Agent. A system that pursues goals in an environment by taking actions. In LLM contexts: model + loop + tools + environment.
Agent graph. The directed graph of agents and subagents that collectively perform a task. Roots are user-facing; leaves are usually tools.
Agentic retrieval. Retrieval exposed as a tool the model decides when to call, as opposed to unconditional RAG.
Allowlist / denylist. Permission patterns that allow (or deny) specific tool calls or arguments. Allowlists are safer where feasible; denylists catch the obvious bad cases but miss creative ones.
Blast radius. The worst-case impact of a tool call or action. Drives permission design.
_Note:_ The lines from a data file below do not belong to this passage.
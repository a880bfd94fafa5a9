//! The program over its words and streams, and its exit status.

ghost use Rattle.std.specs.Prelude.{◌≡◌, ◌⊎◌, IsTrue, OnErr, OnOk, map};
ghost use Rattle.std.specs.Io.KnownBytes.{Appends, Keeps};
ghost use Rattle.clap.specs.Values.{kind_of};
ghost use Rattle.stm_console.specs.ExitStatus.{IsFailure, storm_status};
ghost use Rattle.stm_console.specs.Program.{Do, ProgramDoes, asked_by, program_streams, streams};
ghost use Rattle.stm_console.specs.declared.status.TheConstants.{DONE, FAILED, NO_MEMORY, REFUSED};
ghost use Rattle.stm_explore_script.specs.ExploreStatus.{explore_status};
ghost use Rattle.stm_lines.specs.RunStatus.{status_of};
ghost use Rattle.stm_lines.specs.WrittenFronts.{WritesFront};
ghost use Rattle.stm_options.specs.Options.{AreRunOptions};
ghost use Rattle.stm_command_line.specs.CommandLine.{is_mistake, version_line, HasOptionsInRange};

use crate::checking::check_with;
use crate::files::JournalFiles;
use crate::journal::run_on_file;
use crate::status::{DONE, FAILED, NO_MEMORY, NOT_RIGHT, REFUSED};
use crate::why::check_why;
use clap::Error;
use clap::error::ErrorKind;
use std::alloc::Global;
use std::convert::AsStr;
use std::io::{Read, Write};
use std::random::RandomSource;
use std::sync::Wait;
use std::thread::Threads;
use stm_command_line::version::version_line;
use stm_command_line::{Request, read_words};
use stm_explore_script::diagnostics::{write_fault_diagnostics, write_right_diagnostics};
use stm_explore_script::exploring::explore_with;
use stm_explore_script::{ExploreFault, Warning};
use stm_lines::RunFault;
use stm_lines::output::{flush, write_flushed};
use stm_options::{ExploreOptions, Options};
use stm_run::run;
use stm_script::{ScriptFault, write_script_fault};
use stm_store::Seed;
use stm_storm::{StormFault, storm};

/// Reports a failure on `errors`, and returns its status.
fn report<E: Write>(fault: RunFault, errors: &mut E) -> u8
    ensures { result ≡ status_of fault }
{
    let _ = writeln!(errors, "{fault}");
    fault.status()
}

/// Writes the version's line.
fn write_version<W: Write>(alloc: Global, writer: &mut W) -> Result<(), RunFault>
    ensures done { OnOk result
        (Appends (W.contents writer.old) (W.contents writer.new) version_line) }
    ensures part { OnErr result
        (WritesFront (W.contents writer.old) (W.contents writer.new) version_line) }
{
    let line = version_line(alloc)?;
    write_flushed(writer, line.as_bytes())
}

/// Prints the version, and returns the status.
fn print_version<W: Write, E: Write>(alloc: Global, writer: &mut W, errors: &mut E) -> u8
    ensures { ((result ≡ DONE) × Appends (W.contents writer.old) (W.contents writer.new) version_line)
        ⊎ (IsFailure result
        × WritesFront (W.contents writer.old) (W.contents writer.new) version_line) }
{
    match write_version(alloc, writer) {
        Ok(()) => DONE,
        Err(fault) => report(fault, errors),
    }
}

/// Prints help, and returns the status.
fn print_help<W: Write, E: Write>(error: &Error, writer: &mut W, errors: &mut E) -> u8
    ensures { (result ≡ DONE) ⊎ IsFailure result }
{
    if write!(writer, "{error}").is_err() || flush(writer).is_err() {
        return report(RunFault::Write, errors);
    }
    DONE
}

/// Prints help or the version on the writer, or what is wrong with the words on `errors`, and returns the status.
fn print_words<W: Write, E: Write>(
    alloc: Global,
    error: &Error,
    writer: &mut W,
    errors: &mut E,
) -> u8
    ensures memory { kind_of error.now ≡ ErrorKind.OutOfMemory → (result ≡ NO_MEMORY)
        × Keeps (W.contents writer.old) (W.contents writer.new) }
    ensures version { kind_of error.now ≡ ErrorKind.DisplayVersion →
        ((result ≡ DONE) × Appends (W.contents writer.old) (W.contents writer.new) version_line)
        ⊎ (IsFailure result
        × WritesFront (W.contents writer.old) (W.contents writer.new) version_line) }
    ensures help { kind_of error.now ≡ ErrorKind.DisplayHelp → (result ≡ DONE) ⊎ IsFailure result }
    ensures mistake { IsTrue (is_mistake (kind_of error.now)) → ((result ≡ REFUSED) ⊎ (result ≡ NO_MEMORY))
        × Keeps (W.contents writer.old) (W.contents writer.new) }
    ensures any { ((result ≡ REFUSED) × Keeps (W.contents writer.old) (W.contents writer.new))
        ⊎ ((result ≡ DONE) ⊎ IsFailure result) }
{
    if error.kind() == ErrorKind::OutOfMemory {
        let _ = writeln!(errors, "{}", RunFault::NoMemory);
        return NO_MEMORY;
    }
    if error.kind() == ErrorKind::DisplayVersion {
        return print_version(alloc, writer, errors);
    }
    if error.use_stderr() {
        let _ = write!(errors, "{error}");
        return REFUSED;
    }
    print_help(error, writer, errors)
}

/// Reports the first faulty line of a script: its number, and then why it is faulty.
fn report_script<E: Write>(fault: ScriptFault, errors: &mut E) -> u8
    ensures { result ≡ FAILED }
{
    let _ = write_script_fault(fault, errors);
    FAILED
}

/// Reports why a storm didn't succeed, and returns the status. Of a replay that failed only the storm's text and the status say it.
fn report_storm<E: Write>(fault: StormFault, errors: &mut E) -> u8
    ensures { result ≡ storm_status fault }
{
    match fault {
        StormFault::Run(fault) => report(fault, errors),
        StormFault::Script(fault) => report_script(fault, errors),
        StormFault::Replay => NOT_RIGHT,
    }
}

/// Reports that there is no history of a fault, if one is asked for, and what may be a mistake in the script.
fn report_right<E: Write>(options: ExploreOptions, warnings: &[Warning], errors: &mut E) -> u8
    ensures { result ≡ DONE }
{
    let _ = write_right_diagnostics(options.history, warnings, errors);
    DONE
}

/// Reports why an exploration didn't succeed, and returns the status. What it found is said by its text, or by a history if it is
/// that of a fault.
fn report_exploration<E: Write>(fault: ExploreFault, options: ExploreOptions, errors: &mut E) -> u8
    ensures { result ≡ explore_status fault }
{
    let _ = write_fault_diagnostics(options.history, fault, errors);
    match fault {
        ExploreFault::Run(fault) => report(fault, errors),
        ExploreFault::Script(_) => FAILED,
        ExploreFault::Faulty => NOT_RIGHT,
        ExploreFault::Incomplete => NOT_RIGHT,
        ExploreFault::NoRoom => NOT_RIGHT,
        ExploreFault::Replay => FAILED,
    }
}

/// Does a run.
fn do_run<T: Threads + RandomSource + Sync, R: Read, W: Write, E: Write>(
    rt: &T,
    alloc: Global,
    options: Options,
    reader: &mut R,
    writer: &mut W,
    errors: &mut E,
) -> u8
    requires { AreRunOptions options }
    ensures { ProgramDoes (Do (Request.Run options)) (streams (R.remaining reader.old) (R.remaining reader.new)
        (W.contents writer.old) (W.contents writer.new)) result }
{
    match run(rt, alloc, reader, writer, options) {
        Ok(()) => DONE,
        Err(fault) => report(fault, errors),
    }
}

/// Does a storm.
fn do_storm<T: Threads + Wait + RandomSource + Sync, R: Read, W: Write, E: Write>(
    rt: &T,
    alloc: Global,
    options: Options,
    reader: &mut R,
    writer: &mut W,
    errors: &mut E,
) -> u8
    requires { AreRunOptions options }
    ensures { ProgramDoes (Do (Request.Storm options)) (streams (R.remaining reader.old) (R.remaining reader.new)
        (W.contents writer.old) (W.contents writer.new)) result }
{
    match storm(rt, alloc, reader, writer, options) {
        Ok(()) => DONE,
        Err(fault) => report_storm(fault, errors),
    }
}

/// Does an exploration.
fn do_exploration<R: Read, W: Write, E: Write>(
    alloc: Global,
    seed: Seed,
    options: ExploreOptions,
    reader: &mut R,
    writer: &mut W,
    errors: &mut E,
) -> u8
    ensures { ProgramDoes (Do (Request.Explore options)) (streams (R.remaining reader.old) (R.remaining reader.new)
        (W.contents writer.old) (W.contents writer.new)) result }
{
    match explore_with(alloc, seed, reader, writer, options) {
        Ok(warnings) => report_right(options, &warnings, errors),
        Err(fault) => report_exploration(fault, options, errors),
    }
}

/// Does a check.
fn do_check<R: Read, W: Write, E: Write>(
    alloc: Global,
    seed: Seed,
    reader: &mut R,
    writer: &mut W,
    errors: &mut E,
) -> u8
    ensures { ProgramDoes (Do Request.Check) (streams (R.remaining reader.old) (R.remaining reader.new)
        (W.contents writer.old) (W.contents writer.new)) result }
{
    match check_with(alloc, seed, reader, writer) {
        Ok(finding) => finding.status(),
        Err(fault) => report(fault, errors),
    }
}

/// Does a check that also explains the first line that isn't accepted.
fn do_check_why<R: Read, W: Write, E: Write>(
    alloc: Global,
    seed: Seed,
    reader: &mut R,
    writer: &mut W,
    errors: &mut E,
) -> u8
    ensures { ProgramDoes (Do Request.CheckWhy) (streams (R.remaining reader.old) (R.remaining reader.new)
        (W.contents writer.old) (W.contents writer.new)) result }
{
    match check_why(alloc, seed, reader, writer) {
        Ok(finding) => finding.status(),
        Err(fault) => report(fault, errors),
    }
}

/// Does what is requested.
fn perform<T: Threads + Wait + RandomSource + Sync, F: JournalFiles, R: Read, W: Write, E: Write>(
    rt: &T,
    alloc: Global,
    request: Request,
    files: &F,
    reader: &mut R,
    writer: &mut W,
    errors: &mut E,
) -> u8
    requires { HasOptionsInRange request }
    ensures { ProgramDoes (Do request.entry) (program_streams (F.contents files.now)
        (R.remaining reader.old) (R.remaining reader.new) (W.contents writer.old) (W.contents writer.new)) result }
{
    match request {
        Request::Run(options) => do_run(rt, alloc, options, reader, writer, errors),
        Request::RunOn(options, sync, file) => run_on_file(
            rt,
            alloc,
            files,
            options,
            sync,
            file.as_str(),
            reader,
            writer,
            errors,
        ),
        Request::Storm(options) => do_storm(rt, alloc, options, reader, writer, errors),
        Request::Explore(options) => {
            do_exploration(alloc, Seed::random(rt), options, reader, writer, errors)
        }
        Request::Check => do_check(alloc, Seed::random(rt), reader, writer, errors),
        Request::CheckWhy => do_check_why(alloc, Seed::random(rt), reader, writer, errors),
    }
}

/// The whole program: reads its words, of which the first is the program's name, does what they ask for, from the reader to the
/// writer, perhaps with one of the files, reports errors on `errors`, and returns the exit status:
///
/// - 0: the input was read to its end, and nothing wrong was found; or help or the version was printed.
/// - 1: a read or a write failed, a line of a script is wrong, or the file of a run can't be opened or its history is full.
/// - 2: the words were refused.
/// - 3: a history isn't legal, also that of a storm's clients, or a storm's desk couldn't be closed; the file of a run has no history
///   to go on from; or an exploration found a fault or too many states.
/// - 4: memory ran out, or a thread didn't start.
///
/// If `errors` fails, that changes nothing.
pub fn start<
    'a,
    T: Threads + Wait + RandomSource + Sync,
    S: AsStr,
    F: JournalFiles,
    R: Read,
    W: Write,
    E: Write,
>(
    rt: &T,
    alloc: Global,
    words: &'a [S],
    files: &F,
    reader: &mut R,
    writer: &mut W,
    errors: &mut E,
) -> u8
    // What is read and written, and the status that comes back, by what the words ask for.
    ensures { ProgramDoes (asked_by (map S.text words.now)) (program_streams (F.contents files.now)
        (R.remaining reader.old) (R.remaining reader.new) (W.contents writer.old) (W.contents writer.new)) result }
{
    match read_words(alloc, words) {
        Ok(request) => perform(rt, alloc, request, files, reader, writer, errors),
        Err(error) => print_words(alloc, &error, writer, errors),
    }
}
Cache breakpoint. A marker in the prompt telling the model provider “hash everything up to here.” Lets you skip re-pricing the static prefix of a long prompt.
Cancellation token. A first-class signal the loop checks to know it should stop. Distinguishes “user aborted” from “model finished” and from errors.
Compaction. Reducing the size of the conversation history to fit the prompt: summarization, selective retention, sliding window, hierarchical.
Context manager. The subsystem that decides what goes into and out of each prompt call.
Context window. The maximum token count a model can accept in one call.
Escrow (budget). Allocation pattern where a parent agent gives a child a budget, and reclaims the unused portion.
Eval (evaluation). A test case that measures agent behavior. Golden, rubric, judged, task-success, shadow, A/B.
Frontier model. The current most capable model generation from a given provider. Expect frontier to advance twice a year.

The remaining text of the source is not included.